(Stored data entries)

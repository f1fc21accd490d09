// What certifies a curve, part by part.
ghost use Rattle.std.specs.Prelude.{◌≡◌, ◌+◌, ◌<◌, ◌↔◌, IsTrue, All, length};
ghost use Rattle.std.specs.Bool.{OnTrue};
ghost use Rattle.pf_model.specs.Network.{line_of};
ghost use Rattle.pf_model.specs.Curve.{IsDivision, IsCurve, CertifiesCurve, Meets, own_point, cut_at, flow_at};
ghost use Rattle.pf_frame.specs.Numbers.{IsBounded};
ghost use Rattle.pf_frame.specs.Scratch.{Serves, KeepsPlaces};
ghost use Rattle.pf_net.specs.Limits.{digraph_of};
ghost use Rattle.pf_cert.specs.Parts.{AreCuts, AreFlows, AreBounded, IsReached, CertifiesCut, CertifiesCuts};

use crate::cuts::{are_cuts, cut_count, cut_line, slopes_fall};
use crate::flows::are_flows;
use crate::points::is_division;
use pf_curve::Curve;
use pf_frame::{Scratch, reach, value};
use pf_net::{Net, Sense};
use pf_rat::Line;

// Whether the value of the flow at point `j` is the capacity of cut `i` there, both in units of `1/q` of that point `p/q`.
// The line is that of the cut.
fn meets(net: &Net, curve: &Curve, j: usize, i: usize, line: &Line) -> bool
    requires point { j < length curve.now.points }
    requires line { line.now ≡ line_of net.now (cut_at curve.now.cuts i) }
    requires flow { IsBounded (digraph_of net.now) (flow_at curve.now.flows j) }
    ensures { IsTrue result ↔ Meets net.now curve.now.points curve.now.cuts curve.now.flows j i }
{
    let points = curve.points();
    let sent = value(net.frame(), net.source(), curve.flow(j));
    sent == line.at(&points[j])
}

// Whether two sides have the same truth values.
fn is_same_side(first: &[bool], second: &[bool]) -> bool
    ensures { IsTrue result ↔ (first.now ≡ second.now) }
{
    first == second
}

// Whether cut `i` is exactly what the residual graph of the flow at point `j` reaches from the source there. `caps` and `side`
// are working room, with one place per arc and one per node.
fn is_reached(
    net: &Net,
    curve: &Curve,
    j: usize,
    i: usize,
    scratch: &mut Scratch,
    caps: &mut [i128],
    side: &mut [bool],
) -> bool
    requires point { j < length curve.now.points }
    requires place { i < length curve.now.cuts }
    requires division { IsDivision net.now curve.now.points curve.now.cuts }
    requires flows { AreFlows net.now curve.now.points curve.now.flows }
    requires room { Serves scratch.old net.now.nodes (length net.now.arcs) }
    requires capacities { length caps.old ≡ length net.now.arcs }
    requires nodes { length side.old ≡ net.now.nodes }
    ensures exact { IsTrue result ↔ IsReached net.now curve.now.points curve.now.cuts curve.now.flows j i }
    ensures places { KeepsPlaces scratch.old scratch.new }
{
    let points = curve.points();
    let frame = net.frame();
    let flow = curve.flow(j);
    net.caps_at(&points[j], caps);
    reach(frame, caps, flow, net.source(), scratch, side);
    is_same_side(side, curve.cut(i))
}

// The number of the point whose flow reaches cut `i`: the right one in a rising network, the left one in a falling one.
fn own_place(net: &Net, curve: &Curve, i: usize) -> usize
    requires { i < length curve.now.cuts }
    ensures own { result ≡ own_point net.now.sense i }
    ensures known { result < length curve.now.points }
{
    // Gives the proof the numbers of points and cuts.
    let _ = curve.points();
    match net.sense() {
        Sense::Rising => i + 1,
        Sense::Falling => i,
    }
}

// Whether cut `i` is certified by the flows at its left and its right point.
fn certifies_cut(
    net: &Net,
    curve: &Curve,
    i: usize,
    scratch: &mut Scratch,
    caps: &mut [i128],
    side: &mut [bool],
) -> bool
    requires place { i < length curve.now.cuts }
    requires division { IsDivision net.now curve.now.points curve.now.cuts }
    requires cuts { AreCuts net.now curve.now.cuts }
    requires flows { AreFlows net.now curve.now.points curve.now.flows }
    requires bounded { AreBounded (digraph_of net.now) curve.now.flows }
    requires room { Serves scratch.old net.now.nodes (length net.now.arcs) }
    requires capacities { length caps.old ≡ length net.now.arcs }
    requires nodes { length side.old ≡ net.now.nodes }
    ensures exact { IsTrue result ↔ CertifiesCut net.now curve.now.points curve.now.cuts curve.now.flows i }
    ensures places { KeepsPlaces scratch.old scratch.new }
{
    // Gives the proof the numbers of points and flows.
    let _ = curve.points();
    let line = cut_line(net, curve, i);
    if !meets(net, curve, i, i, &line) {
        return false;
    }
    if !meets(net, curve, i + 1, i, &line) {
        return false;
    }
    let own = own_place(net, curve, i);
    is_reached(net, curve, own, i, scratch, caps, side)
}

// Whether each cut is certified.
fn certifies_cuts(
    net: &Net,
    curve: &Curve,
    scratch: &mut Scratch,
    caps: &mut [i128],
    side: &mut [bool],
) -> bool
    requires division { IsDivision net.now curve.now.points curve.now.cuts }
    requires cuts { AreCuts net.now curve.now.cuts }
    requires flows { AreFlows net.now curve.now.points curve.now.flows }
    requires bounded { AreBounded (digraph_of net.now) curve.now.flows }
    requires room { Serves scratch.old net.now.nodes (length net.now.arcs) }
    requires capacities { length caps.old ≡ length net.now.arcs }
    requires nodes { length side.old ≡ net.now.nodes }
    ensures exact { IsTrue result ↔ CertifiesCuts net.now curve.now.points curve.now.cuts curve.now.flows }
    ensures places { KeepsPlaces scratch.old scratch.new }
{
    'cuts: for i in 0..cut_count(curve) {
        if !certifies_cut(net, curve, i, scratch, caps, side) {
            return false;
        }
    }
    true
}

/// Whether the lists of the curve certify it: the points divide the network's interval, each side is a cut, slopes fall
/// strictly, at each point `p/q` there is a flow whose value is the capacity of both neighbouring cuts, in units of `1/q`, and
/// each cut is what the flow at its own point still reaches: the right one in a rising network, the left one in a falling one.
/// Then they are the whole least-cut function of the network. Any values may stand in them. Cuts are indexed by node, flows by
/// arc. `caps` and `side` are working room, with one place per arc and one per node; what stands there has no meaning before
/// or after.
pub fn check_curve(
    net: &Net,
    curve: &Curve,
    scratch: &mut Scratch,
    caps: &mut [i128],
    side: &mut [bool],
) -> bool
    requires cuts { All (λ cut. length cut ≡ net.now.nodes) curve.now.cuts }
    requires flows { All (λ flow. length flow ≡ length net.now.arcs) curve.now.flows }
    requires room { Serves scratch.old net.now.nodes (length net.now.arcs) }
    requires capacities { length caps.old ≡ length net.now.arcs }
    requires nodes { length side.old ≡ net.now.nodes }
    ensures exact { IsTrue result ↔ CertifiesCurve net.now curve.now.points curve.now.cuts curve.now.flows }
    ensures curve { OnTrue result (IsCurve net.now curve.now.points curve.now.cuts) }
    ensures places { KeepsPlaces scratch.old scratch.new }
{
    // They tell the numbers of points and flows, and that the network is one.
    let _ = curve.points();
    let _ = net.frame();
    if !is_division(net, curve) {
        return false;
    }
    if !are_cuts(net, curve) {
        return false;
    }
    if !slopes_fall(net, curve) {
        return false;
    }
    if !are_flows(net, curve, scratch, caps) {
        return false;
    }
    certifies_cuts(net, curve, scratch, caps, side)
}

...

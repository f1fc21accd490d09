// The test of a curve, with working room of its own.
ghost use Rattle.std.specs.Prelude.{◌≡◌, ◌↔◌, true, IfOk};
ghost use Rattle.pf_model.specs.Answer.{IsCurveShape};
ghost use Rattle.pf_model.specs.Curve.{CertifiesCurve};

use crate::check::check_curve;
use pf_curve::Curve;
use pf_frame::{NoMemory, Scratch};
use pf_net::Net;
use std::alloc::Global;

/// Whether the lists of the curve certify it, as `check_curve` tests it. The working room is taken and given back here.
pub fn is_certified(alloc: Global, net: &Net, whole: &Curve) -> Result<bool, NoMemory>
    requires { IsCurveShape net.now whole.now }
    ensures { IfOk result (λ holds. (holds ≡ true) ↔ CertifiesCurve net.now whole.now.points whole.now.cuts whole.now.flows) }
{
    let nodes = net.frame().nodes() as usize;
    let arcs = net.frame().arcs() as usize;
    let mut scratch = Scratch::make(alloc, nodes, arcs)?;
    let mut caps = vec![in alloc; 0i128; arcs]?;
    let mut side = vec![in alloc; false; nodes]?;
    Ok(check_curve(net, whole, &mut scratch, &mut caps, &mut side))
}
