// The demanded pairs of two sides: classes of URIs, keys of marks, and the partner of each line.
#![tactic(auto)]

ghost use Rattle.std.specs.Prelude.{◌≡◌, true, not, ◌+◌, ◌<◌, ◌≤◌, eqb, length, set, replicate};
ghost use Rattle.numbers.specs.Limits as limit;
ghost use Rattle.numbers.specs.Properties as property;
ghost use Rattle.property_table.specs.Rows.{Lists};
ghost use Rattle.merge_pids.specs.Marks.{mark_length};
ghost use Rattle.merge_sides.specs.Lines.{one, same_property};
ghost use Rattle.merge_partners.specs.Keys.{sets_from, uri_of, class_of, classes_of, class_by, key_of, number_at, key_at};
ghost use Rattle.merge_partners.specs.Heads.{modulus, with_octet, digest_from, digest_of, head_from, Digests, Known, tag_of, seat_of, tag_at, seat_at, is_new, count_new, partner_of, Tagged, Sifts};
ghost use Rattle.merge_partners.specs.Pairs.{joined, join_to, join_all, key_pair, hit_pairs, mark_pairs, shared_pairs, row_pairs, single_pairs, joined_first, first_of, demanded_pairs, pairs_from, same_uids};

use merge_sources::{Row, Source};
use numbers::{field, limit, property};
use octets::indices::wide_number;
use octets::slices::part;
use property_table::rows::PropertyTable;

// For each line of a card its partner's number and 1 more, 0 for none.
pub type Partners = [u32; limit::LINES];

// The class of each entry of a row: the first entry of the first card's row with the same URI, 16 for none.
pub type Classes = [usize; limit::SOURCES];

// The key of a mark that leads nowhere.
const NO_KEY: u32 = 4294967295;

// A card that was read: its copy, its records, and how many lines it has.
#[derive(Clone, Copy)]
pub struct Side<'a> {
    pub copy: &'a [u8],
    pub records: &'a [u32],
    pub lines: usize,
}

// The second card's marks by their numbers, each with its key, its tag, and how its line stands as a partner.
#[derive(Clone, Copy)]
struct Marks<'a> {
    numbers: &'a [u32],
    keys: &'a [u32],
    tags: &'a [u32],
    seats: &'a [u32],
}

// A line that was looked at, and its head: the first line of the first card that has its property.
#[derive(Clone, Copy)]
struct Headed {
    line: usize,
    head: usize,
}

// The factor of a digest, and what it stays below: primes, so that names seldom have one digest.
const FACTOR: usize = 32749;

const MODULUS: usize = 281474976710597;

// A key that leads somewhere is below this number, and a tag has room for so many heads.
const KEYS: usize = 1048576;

**TASK STATEMENT:** For each line above that has the word "stands", add one to a tally, and report the final tally alone.

**EXPECTED ANSWER:** 2